The loaded data, containing at minimum 'lat' and 'lon' columns.

points_rad ndarray

The latitude/longitude points converted to radians.

tree BallTree

A BallTree structure for efficient nearest neighbor queries.

Parameters:

Name Type Description Default
data_source str or DataFrame

The input data source. Can be: - Path to a raster file (.tif/.tiff) - Path to a CSV file (.csv) - Path to a shapefile (.shp) - A pandas DataFrame with 'lat' and 'lon' columns

required

Raises:

Type Description
ValueError

If the data source format is unsupported or required columns are missing.

Methods:

Name Description
find_nearest

Find the nearest 'k' data points for each latitude and longitude provided separately.

lookup

Find the nearest data point to a single latitude and longitude.

find_nearest(lats, lons, k=1)

Find the nearest 'k' data points for each latitude and longitude provided separately.

Parameters:

Name Type Description Default
lats list of float

A list of latitudes.

required
lons list of float

A list of longitudes.

required
k int

Number of nearest neighbors to find.

1

Returns:

Type Description

list or pandas.DataFrame: Depending on 'k', returns a DataFrame or a list of DataFrames with the nearest points.

lookup(lat, lon)

Find the nearest data point to a single latitude and longitude.

Parameters:

Name Type Description Default
lat float

Latitude of the query point.

required
lon float

Longitude of the query point.

required

Returns:

Type Description

pandas.Series: The row from the DataFrame corresponding to the nearest point.

sample_raster_nearest(raster_file, coords, crs='EPSG:4326')

Sample a raster file at specific coordinates, taking the nearest pixel.

Parameters:

Name Type Description Default
raster_file str

Path to the raster file.

required
coords list of tuples

List of (x, y)/(lon, lat) tuples.

required
crs str

The CRS the coords are in.

'EPSG:4326'

Returns:

Name Type Description
dict

A dictionary with band names as keys and lists of pixel values at the given coordinates as values.

reproject_crop_raster(src, dst, out_epsg, min_coords, max_coords)

Reproject and crop a raster file. src_filename: Source file path. dst_filename: Destination file path. out_epsg: Output coordinate system as EPSG code. min_lon, min_lat, max_lon, max_lat: Bounding box coordinates.

copy_file(src, dest, symlink=False)

Copy a file from source to destination, optionally creating a symbolic link instead.

Parameters:

Name Type Description Default
src str

Path to the source file

required
dest str

Path to the destination file/link

required
symlink bool

Whether to create a symbolic link instead of copying.

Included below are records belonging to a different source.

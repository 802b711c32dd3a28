ghost use Rattle.std.specs.Prelude.{◌≡◌, ◌+◌, ◌<◌, ◌≤◌, [], IfOk, drop, length, vec_len};
ghost use Rattle.xarch_words.specs.declared.limits.TheConstants.{BATCH};

use crate::front::read_front;
use crate::stop::Stop;
use std::alloc::{AllocError, Global};
use xa_outside::Source;
use xarch_words::limits::BATCH;

/// How many bytes are read at once at most.
const SIZE: usize = 65_536;

/// The bytes of a batch that are read and not yet taken, in a buffer of fixed size.
#[derive(Drop)]
pub(crate) struct Feed {
    buffer: Vec<u8>,
    start: usize,
    end: usize,
    left: usize,
    ghost ordered: { start ≤ end },
    ghost in_range: { end ≤ vec_len buffer },
    ghost some: { 0 < vec_len buffer },
}

impl Feed {
    ghost use Rattle.xarch_run.specs.Feed.{Fills, StopIsCaused, budget, pending};

    pub(crate) fn new(alloc: Global) -> Result<Feed, AllocError>
        ensures empty { IfOk result (λ f. pending f ≡ []) }
        ensures budget { IfOk result (λ f. budget f ≡ BATCH) }
    {
        Ok(Feed {
            buffer: vec![in alloc; 0u8; SIZE]?,
            start: 0,
            end: 0,
            left: BATCH,
        })
    }

    pub(crate) fn pending(&self) -> &[u8]
        ensures { result.now ≡ pending self.now }
    {
        &self.buffer[self.start..self.end]
    }

    /// Takes the first of the pending bytes.
    pub(crate) fn skip(&mut self, count: usize)
        requires { count ≤ length (pending self.old) }
        ensures pending { pending self.new ≡ drop count (pending self.old) }
        ensures budget { count + budget self.new ≡ budget self.old }
    {
        self.start += count;
    }

    /// Whether a byte is pending, after a read where none was. It reads no byte past those that a
    /// batch may have but the one behind them.
    pub(crate) fn has_more<S: Source>(&mut self, input: &mut S) -> Result<bool, Stop>
        ensures fills { Fills self.old self.new (S.rest input.old) (S.rest input.new) result }
        ensures later { S.faults input.old ≤ S.faults input.new }
        ensures cause { StopIsCaused (S.faults input.old) (S.faults input.new) result }
    {
        if self.start < self.end {
            return Ok(true);
        }
        self.read_more(input)
    }

    fn read_more<S: Source>(&mut self, input: &mut S) -> Result<bool, Stop>
        requires { pending self.old ≡ [] }
        ensures fills { Fills self.old self.new (S.rest input.old) (S.rest input.new) result }
        ensures later { S.faults input.old ≤ S.faults input.new }
        ensures cause { StopIsCaused (S.faults input.old) (S.faults input.new) result }
    {
        let room = self.buffer.len().min(self.left.max(1));
        let count = match read_front(input, &mut self.buffer, room) {
            Ok(count) => count,
            Err(_) => return Err(Stop::Failed),
        };
        if count == 0 {
            return Ok(false);
        }
        if count > self.left {
            return Err(Stop::PastLimit);
        }
        self.start = 0;
        self.end = count;
        self.left -= count;
        Ok(true)
    }
}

Defaults to False.

False

Returns:

Type Description

str | None: Path to the destination file if successful, None if source doesn't exist

Note

If symlink is True and the destination already exists, it will be removed first.

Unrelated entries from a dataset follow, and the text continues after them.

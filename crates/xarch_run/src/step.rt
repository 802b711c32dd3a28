#![tactic(auto, using(xarch_parts::specs::EndLaws::endings))]

ghost use Rattle.std.specs.Prelude.{◌≡◌, ◌≢◌, ◌≤◌, Some, IfSome, option_map};
ghost use Rattle.xarch_words.specs.Commands.{IsSpelled};
ghost use Rattle.xarch_words.specs.Refusal.{out_fault};
ghost use Rattle.xarch_words.specs.View.{command_view, words_view};
ghost use Rattle.xarch_parts.specs.Ends.{fault_of};
ghost use Rattle.xarch_meanings.specs.Meanings.{FillsUp, IsLimited, IsSilent};
ghost use Rattle.xarch_meanings.specs.Performs.{Performs};
ghost use Rattle.xarch_meanings.specs.Ran.{line_after, Says, status_after};
ghost use Rattle.xarch_meanings.specs.Step.{alone, single_of};
ghost use Rattle.xarch_run.specs.Obeys.{Obeys};
ghost use Rattle.xarch_run.specs.StepTaken.{StepTaken};

use std::alloc::Global;
use xa_outside::{Folder, Sink};
use xarch_copies::{run_cut, run_join};
use xarch_meanings::{commands_take_one_step, what_should_succeed_is_not_refused};
use xarch_reads::{run_check, run_get, run_history, run_log, run_norm, run_stats, run_versions};
use xarch_tables::{run_table, run_tablekeys};
use xarch_texts::{run_export, run_import};
use xarch_words::{Command, Fault, read_words, status, write_fault};
use xarch_writes::{run_add, run_demo, run_init, run_rekey};

/// Takes the step of one command, and answers its status.
///
/// Words that are no command, and `batch`, are refused. Every fault writes one line to `err`; a
/// failure of `err` changes no status. Input files are read directly before the first step that
/// judges their bytes: whole, but the archives of `add`, `check`, `cut`, `join` and `stats`, which
/// are read record by record, those of `get`, `history` and `log`, of which only what their searches
/// look at and a `log`'s leaf is read, and that of `versions`, of which its header and its notes are
/// read.
pub fn take_step<F: Folder, O: Sink, E: Sink>(
    alloc: Global,
    words: &[String],
    folder: &mut F,
    out: &mut O,
    err: &mut E,
) -> u8
    ensures step { StepTaken F.files F.draft F.numbers F.faults O.taken O.faults E.taken E.faults
        (words_view words.now) folder.old folder.new out.old out.new err.old err.new result }
{
    // Laws, for the proofs of `tried`, `wrote`, `steady` and `succeeds`.
    commands_take_one_step();
    what_should_succeed_is_not_refused();
    let ended = command_words(alloc, words, folder, out);
    finish(&ended, err)
}

/// Does the command that the words spell.
fn command_words<F: Folder, O: Sink>(
    alloc: Global,
    words: &[String],
    folder: &mut F,
    out: &mut O,
) -> Result<(), Fault>
    ensures obeys { Obeys F.files F.draft F.numbers F.faults (single_of (words_view words.now))
        folder.old folder.new (O.taken out.old) (O.taken out.new)
        (O.faults out.old) (O.faults out.new) (fault_of result) }
    ensures untouched { IsSilent (single_of (words_view words.now)) → out.new ≡ out.old }
{
    match single_command(words) {
        None => Err(Fault::Usage),
        Some(command) => run_command(alloc, command, folder, out),
    }
}

/// The command that the words spell by themselves.
fn single_command(words: &[String]) -> Option<Command<'_>>
    ensures is { option_map command_view result ≡ single_of (words_view words.now) }
    ensures alone { alone (option_map command_view result) ≡ option_map command_view result }
    ensures spelled { IfSome result (λ command. IsSpelled (command_view command)) }
{
    match read_words(words)? {
        Command::Batch => None,
        command => Some(command),
    }
}

/// Does the command.
fn run_command<F: Folder, O: Sink>(
    alloc: Global,
    command: Command<'_>,
    folder: &mut F,
    out: &mut O,
) -> Result<(), Fault>
    requires alone { alone (Some (command_view command)) ≡ Some (command_view command) }
    requires spelled { IsSpelled (command_view command) }
    ensures performs { Performs F.files F.draft F.numbers F.faults (command_view command.entry)
        folder.old folder.new (O.taken out.old) (O.taken out.new)
        (O.faults out.old) (O.faults out.new) (fault_of result) }
    ensures fills { FillsUp (Some (command_view command.entry)) (F.files folder.old)
        (F.draft folder.new) (IsLimited (fault_of result)) }
    ensures silent { IsSilent (Some (command_view command.entry))
        → fault_of result ≢ Some out_fault }
    ensures untouched { IsSilent (Some (command_view command.entry)) → out.new ≡ out.old }
{
    match command {
        Command::Norm { spec, doc } => run_norm(alloc, spec, doc, folder, out),
        Command::Init { archive, spec } => run_init(alloc, archive, spec, folder),
        Command::Add { archive, doc, note } => run_add(alloc, archive, doc, note, folder),
        Command::Rekey { archive, spec } => run_rekey(alloc, archive, spec, folder),
        Command::Get { archive, version } => run_get(alloc, archive, version, folder, out),
        Command::History { archive, path } => run_history(alloc, archive, path, folder, out),
        Command::Log { archive, path } => run_log(alloc, archive, path, folder, out),
        Command::Check { archive } => run_check(alloc, archive, folder, out),
        Command::Stats { archive } => run_stats(alloc, archive, folder, out),
        Command::Versions { archive } => run_versions(alloc, archive, folder, out),
        Command::Export { archive } => run_export(alloc, archive, folder, out),
        Command::Import { text, new } => run_import(alloc, text, new, folder),
        Command::Cut {
            archive,
            new,
            first,
            last,
        } => run_cut(alloc, archive, new, first, last, folder),
        Command::Join { one, two, new } => run_join(alloc, one, two, new, folder),
        Command::Table {
            csv,
            tag,
            keys,
            doc,
        } => run_table(alloc, csv, tag, keys, doc, folder),
        Command::TableKeys { tag, keys, spec } => run_tablekeys(alloc, tag, keys, spec, folder),
        Command::Demo {
            seed,
            count,
            archive,
        } => run_demo(alloc, seed, count, archive, folder, out),
        Command::Batch => unreachable!(),
    }
}

/// Says how a command ended, and answers its status.
fn finish<E: Sink>(ended: &Result<(), Fault>, err: &mut E) -> u8
    ensures status { result ≡ status_after (fault_of ended.now) }
    ensures line { Says (E.taken err.old) (E.taken err.new) (E.faults err.old) (E.faults err.new)
        (line_after (fault_of ended.now)) }
    ensures later { E.faults err.old ≤ E.faults err.new }
{
    match ended {
        Ok(()) => 0,
        Err(fault) => {
            let _ = write_fault(fault, err);
            status(fault)
        }
    }
}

parallel_executor(func, args, method='Process', max_workers=10, return_value=False, bar=True, timeout=None, verbose_errors=False)

Executes a function across multiple processes and collects the results.

Parameters:

Name Type Description Default
func

The function to execute.

required
method

string as Process or Thread.

'Process'
args

An iterable of arguments to pass to the function.

required
max_workers

The maximum number of processes to use.

10
return_value

A boolean indicating whether the function returns a value.

False
timeout

Number of seconds to wait for a process to complete

None
verbose_errors

A boolean indicating whether to print full error traceback or just the exception

False

Returns:

Name Type Description
results

If return_value is True, a list of results from the function executions sorted according to If return_value is False, an empty list is returned.

failed_indices

A list of indices of arguments for which the function execution failed.

read_gdb_layer(gdb_data, layer_name, columns=None, names=None)

Reads selected columns from a GDB layer and returns them in a pandas DataFrame.

Parameters:

Name Type Description Default
gdb gdb

The GDB file opened by ogr.

required
layer_name str

The name of the layer to read.

required
columns list

List of column indices to read. If None, all columns are read.

None
names list

List of column names corresponding to the indices in columns. If None, all column names are inferred from the layer definition.

None

Returns:

Type Description

pd.DataFrame: The resulting dataframe.